Some learning algorithms cope with missing values but some do not. An example of one that is extremely sensitive to missing data is the support vector machine, which will produce very poor results even with one missing attribute. For example, using the LibSVM operator with the 10,000 examples from an earlier section in this chapter, it is possible to achieve a 99.6 percent classification performance. Adding a few missing values reduces this immediately to 50 percent and there is no warning message given. It could easily happen that when processing unseen data, model accuracy will be completely compromised if a few rogue missing values creep in.

Ignoring missing data in the sense of allowing it to happen without understanding that it is there and additionally understanding what effect it could have is unwise. The key point is to ensure that if missing data is to be allowed, an active decision must be taken to do so.

Manual editing has some drawbacks. Not only is this not scalable as the amount of missing data increases, but also it is error prone, leading to bias and furthermore, it does not address the deployment problem when unseen test data is presented to a model. In this case, the person doing the manual editing has to be available, has to remember the rules used to edit the data, and may have to cope with missing values that do not fit the manual rule.

Generally, it is not wise to perform manual editing. If you feel you are doing it, ensure that whatever is done is turned into an automated rule that can be applied later.

This is a common approach, also known as case deletion or list-wise deletion. Most people do this, and it is acceptable if the number of examples to be deleted is small, and more importantly, if the missing data has been determined to be MCAR.

If the missing data is NMAR, deleting examples may risk bias being introduced. Deletion of examples also leads to a loss of all the other attributes in the example, which are not missing. This loss of data is generally to be avoided since the data is precious.

This too is a common approach and is acceptable if the number of missing values represents a large proportion of the whole. It is also acceptable if the attribute does not have much influence on the final result. Clearly, such an attribute would be a candidate for removal anyway. If it additionally turns out to have missing values with an MCAR profile, this would be enough reason to remove it.

If the missing values are MAR or NMAR, deleting the attribute is likely to affect model accuracy and more careful consideration would need to be given to deletion.

A simple approach to replacing missing values is to replace them with a value, for example the value 0, or the mean of the non-missing attributes. If the missing data is MCAR, this is acceptable and usually the mean is the best choice since it will have the smallest impact on the characteristics of the data as a whole.

If the missing data is MAR, it depends on other attributes, and it is better in this case to use a modeling technique to work out a value for the missing attributes. This is discussed in the next sections.

If the data is NMAR, there is no easy way to choose a single value for a replacement and case-by-case consideration is required. As an example, the NMAR data from an earlier section in this chapter looked as though att1 was missing if its own value was between 3 and 7. In this case, the average for the non-missing values of att1 is approximately -1.3. Using this to replace the missing values of att1 may have an adverse effect since we know that the value should be between 3 and 7. In this case, it would be more sensible to use the value 5 for a single replacement. Of course, in this case, we have the luxury of knowing how the data was generated. This will not normally be the case.

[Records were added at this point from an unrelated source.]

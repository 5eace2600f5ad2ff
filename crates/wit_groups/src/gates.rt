//! What stands before a statement: its gate, its documentation, its external id.

use crate::fault::{Fault, GroupFaultKind, RuleFault};
use std::alloc::{AllocError, Global};
use wit_data::{Docs, Stability, Text, Version};
use wit_text::syntax::{Attribute, AttributeKind, Gate, Piece};
use wit_text::{Comments, ReadFaultKind};

/// What most things may have.
#[derive(Drop)]
pub(crate) struct Common {
    pub docs: Docs,
    pub stability: Stability,
    pub external_id: Option<Text>,
}

/// What stands before a thing of a file with this text.
pub(crate) fn common_of(
    alloc: Global,
    source: &str,
    gate: &Gate,
    may_have_id: bool,
) -> Result<Common, Fault> {
    check_attributes(gate, may_have_id)?;
    let stability = stability_of(alloc, source, gate)?;
    let docs = docs_of(alloc, source, &gate.docs)?;
    let external_id = external_id(alloc, source, gate)?;
    Ok(Common {
        docs,
        stability,
        external_id,
    })
}

/// Whether the attributes of a statement go together.
pub(crate) fn check_attributes(gate: &Gate, may_have_id: bool) -> Result<(), Fault> {
    check_external_ids(gate, may_have_id)?;
    check_gates(gate)
}

/// Whether there is at most one external id, and none where there may be none.
fn check_external_ids(gate: &Gate, may_have_id: bool) -> Result<(), Fault> {
    let mut last = None;
    let mut are_too_many = false;
    for attribute in gate.attributes.iter() {
        if attribute.kind == AttributeKind::ExternalId {
            are_too_many = !may_have_id || last.is_some();
            last = Some(attribute.span);
        }
    }
    match last {
        Some(span) if are_too_many => Err(Fault::rule(span, RuleFault::MisplacedExternalId)),
        _ => Ok(()),
    }
}

/// Whether the attributes that aren't external ids are none, `since` or `unstable`, or one of these and `deprecated`.
fn check_gates(gate: &Gate) -> Result<(), Fault> {
    let Some(first) = nth_gate(gate, 0) else {
        return Ok(());
    };
    match nth_gate(gate, 1) {
        None if first.kind == AttributeKind::Deprecated => {
            Err(Fault::rule(first.span, RuleFault::DeprecatedAlone))
        }
        None => Ok(()),
        Some(second) => {
            if nth_gate(gate, 2).is_none() && go_together(first.kind, second.kind) {
                return Ok(());
            }
            Err(Fault::rule(second.span, RuleFault::UnsupportedAttributes))
        }
    }
}

/// Of the attributes that aren't external ids the one behind so many others.
fn nth_gate(gate: &Gate, count: usize) -> Option<Attribute> {
    let mut before: usize = 0;
    for attribute in gate.attributes.iter() {
        if attribute.kind != AttributeKind::ExternalId {
            if before == count {
                return Some(*attribute);
            }
            before = before.saturating_add(1);
        }
    }
    None
}

/// Whether one of two attributes says since when a thing is deprecated, and the other doesn't.
fn go_together(first: AttributeKind, second: AttributeKind) -> bool {
    (first == AttributeKind::Deprecated) != (second == AttributeKind::Deprecated)
}

/// The gate of a statement. An `unstable` goes before a `since`.
pub(crate) fn stability_of(alloc: Global, source: &str, gate: &Gate) -> Result<Stability, Fault> {
    if let Some(feature) = value(gate, AttributeKind::Unstable) {
        let deprecated = deprecated(alloc, source, gate)?;
        let feature = Text::try_from_str(alloc, feature.text(source))?;
        return Ok(Stability::Unstable {
            feature,
            deprecated,
        });
    }
    match value(gate, AttributeKind::Since) {
        Some(since) => {
            let since = version_of(alloc, source, &since)?;
            let deprecated = deprecated(alloc, source, gate)?;
            Ok(Stability::Stable { since, deprecated })
        }
        None => Ok(Stability::Unknown),
    }
}

/// Since when a thing is deprecated.
fn deprecated(alloc: Global, source: &str, gate: &Gate) -> Result<Option<Version>, Fault> {
    match value(gate, AttributeKind::Deprecated) {
        Some(piece) => Ok(Some(version_of(alloc, source, &piece)?)),
        None => Ok(None),
    }
}

/// The external id of a thing.
fn external_id(alloc: Global, source: &str, gate: &Gate) -> Result<Option<Text>, AllocError> {
    match value(gate, AttributeKind::ExternalId) {
        Some(piece) => Ok(Some(Text::try_from_str(alloc, piece.text(source))?)),
        None => Ok(None),
    }
}

/// What the first attribute of this kind says.
fn value(gate: &Gate, kind: AttributeKind) -> Option<Piece> {
    for attribute in gate.attributes.iter() {
        if attribute.kind == kind {
            return Some(attribute.value);
        }
    }
    None
}

/// The version that a piece of a text is.
pub(crate) fn version_of(alloc: Global, source: &str, piece: &Piece) -> Result<Version, Fault> {
    match Version::parse(alloc, piece.text(source)) {
        Ok(version) => Ok(version),
        Err(error) if error == semver::Error::from(AllocError) => Err(Fault::OutOfMemory),
        Err(error) => {
            let kind = GroupFaultKind::Syntax(ReadFaultKind::NoVersion(error));
            Err(Fault::At(piece.span, kind))
        }
    }
}

/// The documentation in comments of a text.
pub(crate) fn docs_of(
    alloc: Global,
    source: &str,
    comments: &Option<Comments>,
) -> Result<Docs, AllocError> {
    match comments {
        Some(comments) => Ok(Docs {
            contents: comments.docs(alloc, source)?,
        }),
        None => Ok(Docs::none()),
    }
}
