//! What faults say: the words of wit-parser.
ghost use Rattle.std.specs.Prelude.{◌≡◌};
ghost use Rattle.wit_groups.specs.Words.{before_name, behind_name, group_fault_text, rule_text, unread_group_text};

use crate::fault::{EntrySide, EntrySort, GroupFault, GroupFaultKind, NameFault, RuleFault};
use std::fmt;

impl fmt::Display for GroupFault {
    ghost output = { unread_group_text };

    fn fmt<W: fmt::Write>(&self, f: &mut fmt::Formatter<W>) -> fmt::Result {
        match self {
            GroupFault::Text { kind, .. } => write!(f, "{kind}"),
            GroupFault::OutOfMemory => f.write_str("out of memory"),
        }
    }
}

impl fmt::Display for GroupFaultKind {
    ghost output = { group_fault_text };

    fn fmt<W: fmt::Write>(&self, f: &mut fmt::Formatter<W>) -> fmt::Result {
        match self {
            GroupFaultKind::Syntax(kind) => write!(f, "{kind}"),
            GroupFaultKind::Name(fault, name) => {
                let (before, behind) = (before_name(*fault), behind_name(*fault));
                write!(f, "{before}`{name}`{behind}")
            }
            GroupFaultKind::Rule(rule) => f.write_str(rule_text(*rule)),
            GroupFaultKind::OtherPackage { name, previous } => write!(
                f,
                "package identifier `{name}` does not match previous package name of `{previous}`"
            ),
            GroupFaultKind::Shape(fault) => write!(f, "this package can't be pushed: {fault}"),
        }
    }
}

/// What stands before a name.
fn before_name(fault: NameFault) -> &'static str
    ensures { result.now ≡ before_name fault }
{
    match fault {
        NameFault::DuplicateItem => "duplicate item named ",
        NameFault::DuplicateInFile => "duplicate name ",
        NameFault::NoItem | NameFault::ItemDependsOnItself => "interface or world ",
        NameFault::NoType
        | NameFault::TypeDependsOnItself
        | NameFault::Float32
        | NameFault::Float64
        | NameFault::NoResource => "type ",
        NameFault::NoName
        | NameFault::NotAnInterface
        | NameFault::NotAWorld
        | NameFault::DefinedTwice
        | NameFault::DefinedAbove => "name ",
        NameFault::ParameterTwice => "param ",
        NameFault::FunctionTwice => "duplicate function name ",
        NameFault::EntryConflict(EntrySide::Import, _) => "import ",
        NameFault::EntryConflict(EntrySide::Export, _) => "export ",
        NameFault::UsedFunction => "cannot import function ",
        NameFault::FunctionAsType => "cannot use function ",
    }
}

/// What stands behind a name.
fn behind_name(fault: NameFault) -> &'static str
    ensures { result.now ≡ behind_name fault }
{
    match fault {
        NameFault::DuplicateItem | NameFault::FunctionTwice | NameFault::UsedFunction => "",
        NameFault::DuplicateInFile => " in this file",
        NameFault::NoItem | NameFault::NoType | NameFault::NoName => " does not exist",
        NameFault::Float32 =>
            " does not exist: the `float32` type has been renamed to `f32` and is no longer accepted",
        NameFault::Float64 =>
            " does not exist: the `float64` type has been renamed to `f64` and is no longer accepted",
        NameFault::ItemDependsOnItself | NameFault::TypeDependsOnItself => " depends on itself",
        NameFault::NotAnInterface => " is defined as a world, not an interface",
        NameFault::NotAWorld => " is defined as an interface, not a world",
        NameFault::DefinedTwice | NameFault::ParameterTwice => " is defined more than once",
        NameFault::DefinedAbove => " is defined more than once; a type above has it",
        NameFault::EntryConflict(_, EntrySort::Interface) => {
            " conflicts with prior interface of same name"
        }
        NameFault::EntryConflict(_, EntrySort::Function) => {
            " conflicts with prior func of same name"
        }
        NameFault::EntryConflict(_, EntrySort::Type_) => " conflicts with prior type of same name",
        NameFault::FunctionAsType => " as a type",
        NameFault::NoResource => " used in a handle must be a resource",
    }
}

/// What is told of a rule that isn't kept.
fn rule_text(rule: RuleFault) -> &'static str
    ensures { result.now ≡ rule_text rule }
{
    match rule {
        RuleFault::AttributesOnUse => "attributes not allowed on top-level use",
        RuleFault::DeprecatedAlone => "must pair @deprecated with either @since or @unstable",
        RuleFault::UnsupportedAttributes => "unsupported combination of attributes",
        RuleFault::MisplacedExternalId => "`@external-id` not allowed here",
        RuleFault::NoPackage => { "no `package` header was found in any WIT file for this package" }
        RuleFault::NestedTooDeep => "nested packages must be placed at the top-level",
        RuleFault::SecondDocs => "found doc comments on multiple 'package' items",
        RuleFault::SecondConstructor => "duplicate constructors",
        RuleFault::EntryTwice(EntrySide::Import) => "interface cannot be imported more than once",
        RuleFault::EntryTwice(EntrySide::Export) => "interface cannot be exported more than once",
        RuleFault::EmptyVariant => "empty variant",
        RuleFault::EmptyEnum => "empty enum",
        RuleFault::EmptyFlags => "empty flags",
        RuleFault::MapKey => {
            "invalid map key type: map keys must be bool, u8, u16, u32, u64, s8, s16, s32, s64, char, or string"
        }
        RuleFault::ConstructorResult => {
            "if a constructor return type is declared it must be a `result`"
        }
        RuleFault::ConstructorOk => "the `ok` type must be the resource being constructed",
        RuleFault::MissingPart => "a part of this type isn't there",
    }
}
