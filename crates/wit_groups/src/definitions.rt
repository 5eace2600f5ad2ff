//! The types that an interface or a world defines, each behind those that it names.

use crate::draft::{Draft, Named};
use crate::fault::{Fault, NameFault, RuleFault};
use crate::gates::common_of;
use crate::order::{Need, Sorted, in_order};
use crate::scope::{Context, ScopeDraft};
use crate::written::TypeStatement;
use std::alloc::AllocError;
use wit_data::{Items, Names, Stability, TypeDef, TypeDefKind};
use wit_text::syntax::{
    Definition, DefinitionKind, Gate, Member, Piece, ResourceFunction, ResourceFunctionName,
    TypeNodeKind, TypeRange, UseNames,
};
use wit_values::NameSet;

/// The names of types of an interface or a world, each with a number.
#[derive(Drop)]
struct TypeNames {
    numbers: Names<usize>,
    /// Of each number the statement that defines the type, None where a `use` takes it over.
    definitions: Items<Option<usize>>,
    /// Of each number where the name stands.
    pieces: Items<Piece>,
}

impl<'a> ScopeDraft<'a> {
    /// Makes the types of statements: first what is used, then what is defined.
    pub fn define_types(
        &mut self,
        draft: &mut Draft,
        statements: &[TypeStatement<'a>],
    ) -> Result<(), Fault> {
        for statement in statements {
            if let TypeStatement::Use(gate, used) = statement {
                self.use_names(draft, gate, used)?;
            }
        }
        for place in definition_order(&self.context, statements)?.iter() {
            if let Some(TypeStatement::Define(gate, definition)) = statements.get(*place) {
                self.define_type(draft, gate, definition)?;
            }
        }
        Ok(())
    }

    /// Makes a type that is defined.
    fn define_type(
        &mut self,
        draft: &mut Draft,
        gate: &Gate,
        definition: &Definition,
    ) -> Result<(), Fault> {
        let common = common_of(self.context.alloc, self.context.part.source, gate, true)?;
        let kind = self.definition_kind(draft, definition, &common.stability)?;
        let name = self.context.copy(&definition.name)?;
        let mut def = TypeDef::new(Some(name), kind, self.owner);
        def.docs = common.docs;
        def.stability = common.stability;
        def.external_id = common.external_id;
        def.span = definition.name.span;
        let made = draft.add_type(def)?;
        self.define(&definition.name, Named::Type_(made))
    }

    /// What a definition is. Types without a name that it is the first to write have its gate.
    fn definition_kind(
        &self,
        draft: &mut Draft,
        definition: &Definition,
        gate: &Stability,
    ) -> Result<TypeDefKind, Fault> {
        let span = definition.name.span;
        match &definition.kind {
            DefinitionKind::Resource(functions) => {
                check_functions(&self.context, functions.as_slice())?;
                Ok(TypeDefKind::Resource)
            }
            DefinitionKind::Alias(range) => self.kind_of_type(draft, *range, gate),
            DefinitionKind::Record(members) => self.record(draft, members.as_slice(), gate),
            DefinitionKind::Variant(members) if members.is_empty() => {
                Err(Fault::rule(span, RuleFault::EmptyVariant))
            }
            DefinitionKind::Variant(members) => self.variant(draft, members.as_slice(), gate),
            DefinitionKind::Enum(members) if members.is_empty() => {
                Err(Fault::rule(span, RuleFault::EmptyEnum))
            }
            DefinitionKind::Enum(members) => Ok(self.enumeration(members.as_slice())?),
            DefinitionKind::Flags(members) if members.is_empty() => {
                Err(Fault::rule(span, RuleFault::EmptyFlags))
            }
            DefinitionKind::Flags(members) => Ok(self.flags(members.as_slice())?),
        }
    }
}

/// The places of the statements that define types, each behind those whose types it names.
fn definition_order(
    context: &Context<'_>,
    statements: &[TypeStatement<'_>],
) -> Result<Items<usize>, Fault> {
    let names = type_names(context, statements)?;
    let mut needs = Items::new(context.alloc);
    for place in names.definitions.iter() {
        needs.push(needs_of(context, &names, statements, *place)?)?;
    }
    match in_order(context.alloc, needs.as_slice())? {
        Sorted::Order(order) => Ok(places_of(context, &names, order.as_slice())?),
        Sorted::Cycle(need) => Err(cycle(context, &names, need)),
    }
}

/// The places of the statements that define the types of some numbers.
fn places_of(
    context: &Context<'_>,
    names: &TypeNames,
    order: &[usize],
) -> Result<Items<usize>, AllocError> {
    let mut places = Items::new(context.alloc);
    for number in order {
        if let Some(Some(place)) = names.definitions.get(*number) {
            places.push(*place)?;
        }
    }
    Ok(places)
}

/// The fault of a type that needs itself.
fn cycle(context: &Context<'_>, names: &TypeNames, need: Need) -> Fault {
    let name = match names.pieces.get(need.target) {
        Some(piece) => context.text(piece),
        None => "",
    };
    Fault::name(
        context.alloc,
        need.span,
        NameFault::TypeDependsOnItself,
        name,
    )
}

/// The names of types in statements.
fn type_names(context: &Context<'_>, statements: &[TypeStatement<'_>]) -> Result<TypeNames, Fault> {
    let mut names = TypeNames {
        numbers: Names::new(context.alloc),
        definitions: Items::new(context.alloc),
        pieces: Items::new(context.alloc),
    };
    for (place, statement) in statements.iter().enumerate() {
        match statement {
            TypeStatement::Use(_, used) => add_used(context, &mut names, used)?,
            TypeStatement::Define(_, definition) => {
                add_defined(context, &mut names, &definition.name, place)?;
            }
        }
    }
    Ok(names)
}

/// Adds the names that a `use` gives. None of them is that of a type above.
fn add_used(context: &Context<'_>, names: &mut TypeNames, used: &UseNames) -> Result<(), Fault> {
    for renaming in used.names.iter() {
        let text = context.text(&renaming.new);
        let known = match names.numbers.get(text) {
            Some(number) => names.definitions.get(*number).copied(),
            None => None,
        };
        match known {
            Some(Some(_)) => {
                return Err(context.name_fault(&renaming.new, NameFault::DefinedAbove));
            }
            Some(None) => {}
            None => add_name(context, names, &renaming.new, None)?,
        }
    }
    Ok(())
}

/// Adds the name that a statement defines.
fn add_defined(
    context: &Context<'_>,
    names: &mut TypeNames,
    name: &Piece,
    place: usize,
) -> Result<(), Fault> {
    if names.numbers.contains_key(context.text(name)) {
        return Err(context.name_fault(name, NameFault::DefinedTwice));
    }
    add_name(context, names, name, Some(place))?;
    Ok(())
}

/// Adds a name that isn't there.
fn add_name(
    context: &Context<'_>,
    names: &mut TypeNames,
    name: &Piece,
    definition: Option<usize>,
) -> Result<(), AllocError> {
    let key = String::from_str(context.alloc, context.text(name))?;
    let number = names.definitions.len();
    if !names.numbers.contains_key(key.as_str()) {
        names.numbers.push(key, number)?;
        names.definitions.push(definition)?;
        names.pieces.push(*name)?;
    }
    Ok(())
}

/// What a type needs that is defined by the statement at a place: the types that it names.
fn needs_of(
    context: &Context<'_>,
    names: &TypeNames,
    statements: &[TypeStatement<'_>],
    place: Option<usize>,
) -> Result<Items<Need>, Fault> {
    let mut needs = Items::new(context.alloc);
    let Some(place) = place else {
        return Ok(needs);
    };
    if let Some(TypeStatement::Define(_, definition)) = statements.get(place) {
        match &definition.kind {
            DefinitionKind::Alias(range) => add_needs(context, names, *range, &mut needs)?,
            DefinitionKind::Record(members) | DefinitionKind::Variant(members) => {
                add_member_needs(context, names, members.as_slice(), &mut needs)?;
            }
            DefinitionKind::Enum(_) | DefinitionKind::Flags(_) | DefinitionKind::Resource(_) => {}
        }
    }
    Ok(needs)
}

fn add_member_needs(
    context: &Context<'_>,
    names: &TypeNames,
    members: &[Member],
    needs: &mut Items<Need>,
) -> Result<(), Fault> {
    for member in members {
        if let Some(range) = member.ty {
            add_needs(context, names, range, needs)?;
        }
    }
    Ok(())
}

/// Adds the types that a type names.
fn add_needs(
    context: &Context<'_>,
    names: &TypeNames,
    range: TypeRange,
    needs: &mut Items<Need>,
) -> Result<(), Fault> {
    for node in context.nodes(range) {
        match &node.kind {
            TypeNodeKind::Named(name) | TypeNodeKind::Own(name) | TypeNodeKind::Borrow(name) => {
                let need = need_of(context, names, name)?;
                needs.push(need)?;
            }
            _ => {}
        }
    }
    Ok(())
}

/// The need for the type of a name.
fn need_of(context: &Context<'_>, names: &TypeNames, name: &Piece) -> Result<Need, Fault> {
    let text = context.text(name);
    match names.numbers.get(text) {
        Some(number) => Ok(Need {
            target: *number,
            span: name.span,
        }),
        None => Err(context.name_fault(name, no_type(text))),
    }
}

/// The fault of a name that no type has.
fn no_type(name: &str) -> NameFault {
    match name {
        "float32" => NameFault::Float32,
        "float64" => NameFault::Float64,
        _ => NameFault::NoType,
    }
}

/// Whether a resource has one constructor at most, and each other function under a name of its own.
fn check_functions(context: &Context<'_>, functions: &[ResourceFunction]) -> Result<(), Fault> {
    let mut names = NameSet::new(context.alloc);
    let mut has_constructor = false;
    for function in functions {
        match &function.name {
            ResourceFunctionName::Constructor(span) => {
                if has_constructor {
                    return Err(Fault::rule(*span, RuleFault::SecondConstructor));
                }
                has_constructor = true;
            }
            ResourceFunctionName::Method(name) | ResourceFunctionName::Static(name) => {
                add_function(context, &mut names, name)?;
            }
        }
    }
    Ok(())
}

/// Adds the name of a function of a resource, which isn't there yet.
fn add_function(context: &Context<'_>, names: &mut NameSet, name: &Piece) -> Result<(), Fault> {
    let text = context.text(name);
    if names.contains(text) {
        return Err(context.name_fault(name, NameFault::FunctionTwice));
    }
    names.insert(context.alloc, text)?;
    Ok(())
}
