//! Names of packages, as files write them.

use crate::fault::Fault;
use crate::gates::version_of;
use std::alloc::Global;
use wit_data::{PackageName, Span, Text};
use wit_text::syntax::PackagePath;

/// The name of a package that a file with this text writes.
pub(crate) fn package_name(
    alloc: Global,
    source: &str,
    path: &PackagePath,
) -> Result<PackageName, Fault> {
    let version = match &path.version {
        Some(piece) => Some(version_of(alloc, source, piece)?),
        None => None,
    };
    let namespace = Text::try_from_str(alloc, path.namespace.text(source))?;
    let name = Text::try_from_str(alloc, path.name.text(source))?;
    Ok(PackageName::new(namespace, name, version))
}

/// Where the name of a package stands, with its version.
pub(crate) fn package_span(path: &PackagePath) -> Span {
    match &path.version {
        Some(version) => up_to(path.namespace.span, version.span),
        None => up_to(path.namespace.span, path.name.span),
    }
}

/// Where the name of a package stands, without its version.
pub(crate) fn bare_span(path: &PackagePath) -> Span {
    up_to(path.namespace.span, path.name.span)
}

/// From the beginning of a span to the end of another.
fn up_to(first: Span, last: Span) -> Span {
    if first.is_known() && last.is_known() && first.start() <= last.end() {
        Span::new(first.start(), last.end())
    } else {
        first
    }
}
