//! From the files of WIT packages to the groups of unresolved packages that a graph takes.
//!
//! `wit_text` reads what each file says; here the names within a package are looked up, as the first step of wit-parser
//! does: interfaces, worlds and types in any order, `use` of files, interfaces and worlds. What is named of other packages
//! becomes foreign dependencies.
#![tactic(auto)]

mod definitions;
mod draft;
mod fault;
mod fault_text;
mod foreign;
mod functions;
mod gates;
mod groups;
mod interfaces;
mod mentions;
mod names;
mod order;
mod package_names;
mod packages;
mod scope;
mod sources;
mod tables;
mod types;
mod unnamed;
mod worlds;
mod written;

pub use crate::fault::{EntrySide, EntrySort, GroupFault, GroupFaultKind, NameFault, RuleFault};
pub use crate::groups::{Groups, read_group, read_groups};
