//! What files say of a package, as the steps that make it read it.

use std::alloc::{AllocError, Global};
use wit_data::Items;
use wit_text::syntax::{
    Definition, DefinitionKind, Gate, InterfaceStatement, InterfaceStatementKind, Item, ItemKind,
    Piece, TypeNode, UseNames, WorldStatement, WorldStatementKind,
};

/// What a file says of a package: its items, the types that these have, and the text of all.
#[derive(Clone, Copy)]
pub(crate) struct Part<'a> {
    pub source: &'a str,
    pub types: &'a [TypeNode],
    pub items: &'a [Item],
}

/// An interface or a world of a file, which has this number among the files of the package.
#[derive(Clone, Copy)]
pub(crate) struct Scope<'a> {
    pub file: usize,
    pub part: Part<'a>,
    pub name: Piece,
    pub item: &'a Item,
}

/// The interfaces and worlds of a package, in the order of its files. The only error is want of memory.
pub(crate) fn scopes_of<'a>(
    alloc: Global,
    parts: &[Part<'a>],
) -> Result<Items<Scope<'a>>, AllocError> {
    let mut scopes = Items::new(alloc);
    for (file, part) in parts.iter().enumerate() {
        add_scopes(&mut scopes, file, *part)?;
    }
    Ok(scopes)
}

fn add_scopes<'a>(
    scopes: &mut Items<Scope<'a>>,
    file: usize,
    part: Part<'a>,
) -> Result<(), AllocError> {
    for item in part.items {
        if let Some(scope) = scope_of(file, part, item) {
            scopes.push(scope)?;
        }
    }
    Ok(())
}

/// The interface or the world that an item is.
fn scope_of<'a>(file: usize, part: Part<'a>, item: &'a Item) -> Option<Scope<'a>> {
    match &item.kind {
        ItemKind::Interface(name, _) | ItemKind::World(name, _) => Some(Scope {
            file,
            part,
            name: *name,
            item,
        }),
        ItemKind::Use(_) => None,
    }
}

/// A statement that gives types names.
#[derive(Clone, Copy)]
pub(crate) enum TypeStatement<'a> {
    Use(&'a Gate, &'a UseNames),
    Define(&'a Gate, &'a Definition),
}

/// The statements of an interface that give types names. The only error is want of memory.
pub(crate) fn interface_types<'a>(
    alloc: Global,
    statements: &'a [InterfaceStatement],
) -> Result<Items<TypeStatement<'a>>, AllocError> {
    let mut found = Items::new(alloc);
    for statement in statements {
        match &statement.kind {
            InterfaceStatementKind::Use(used) => {
                found.push(TypeStatement::Use(&statement.gate, used))?;
            }
            InterfaceStatementKind::Define(definition) => {
                found.push(TypeStatement::Define(&statement.gate, definition))?;
            }
            InterfaceStatementKind::Function(_, _) => {}
        }
    }
    Ok(found)
}

/// The statements of a world that give types names. The only error is want of memory.
pub(crate) fn world_types<'a>(
    alloc: Global,
    statements: &'a [WorldStatement],
) -> Result<Items<TypeStatement<'a>>, AllocError> {
    let mut found = Items::new(alloc);
    for statement in statements {
        match &statement.kind {
            WorldStatementKind::Use(used) => {
                found.push(TypeStatement::Use(&statement.gate, used))?;
            }
            WorldStatementKind::Define(definition) => {
                found.push(TypeStatement::Define(&statement.gate, definition))?;
            }
            WorldStatementKind::Import(_)
            | WorldStatementKind::Export(_)
            | WorldStatementKind::Include(_) => {}
        }
    }
    Ok(found)
}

If the data is MAR, it is sometimes possible to use modeling techniques to determine a value for the missing data based on other attributes. In effect, the missing values become labels to be predicted based on the values of the other attributes.

Using the 10,000 example data used earlier in this chapter, the missing values of att1 can be predicted from the att2 and label attributes. Clearly, att2 by itself can tell you nothing about att1, only the chance that it is missing but the addition of the label allows some prediction to be made about what att1 would have been. Using the label to predict a missing attribute value and then using this later will lead to a problem, and so should be avoided. In practice, real data usually contains many attributes and the values of the missing attributes will depend in some way on them. This means that it should always be possible to construct a model to predict missing attributes from others without needing the label.